Saved entries

######

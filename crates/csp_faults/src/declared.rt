//! The field sets that a script declares.

ghost use Rattle.theory_semantics.specs.Meaning.Evaluation.{constructor_sets};
ghost use Rattle.theory_semantics.specs.Meaning.Events.{field_sets};
ghost use Rattle.csp_expression.specs.Evaluation.{table_of};
ghost use Rattle.csp_term.specs.Script.{script_of_parts};
ghost use Rattle.csp_faults.specs.Known.{AreDeclared};

use csp_expression::TypeTable;
use csp_term::{AllocHandle, ChannelId, ScriptParts};
use csp_value::{ConId, FieldSet};
use std::alloc::Allocator;

/// The field sets of the channel, if there is such a channel.
pub(crate) fn channel_sets<A: AllocHandle>(
    script: &ScriptParts<A>,
    channel: ChannelId,
) -> Option<&[FieldSet<A>]>
    ensures { AreDeclared result (field_sets (script_of_parts script.now) channel.0) }
{
    match script.channels.get(channel.0 as usize) {
        Some(declared) => Some(&declared.fields),
        None => None,
    }
}

/// The field sets of the constructor, if there is such a constructor.
pub(crate) fn constructor_sets<A: Allocator>(
    types: &TypeTable<A>,
    constructor: ConId,
) -> Option<&[FieldSet<A>]>
    ensures { AreDeclared result (constructor_sets (table_of types.now) constructor.0) }
{
    match types.constructors.get(constructor.0 as usize) {
        Some(declared) => Some(&declared.sets),
        None => None,
    }
}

######

> [Assignment]: Supply the count of lines in the entries that contain the word "Evaluation", and nothing besides.

> [Response]: 2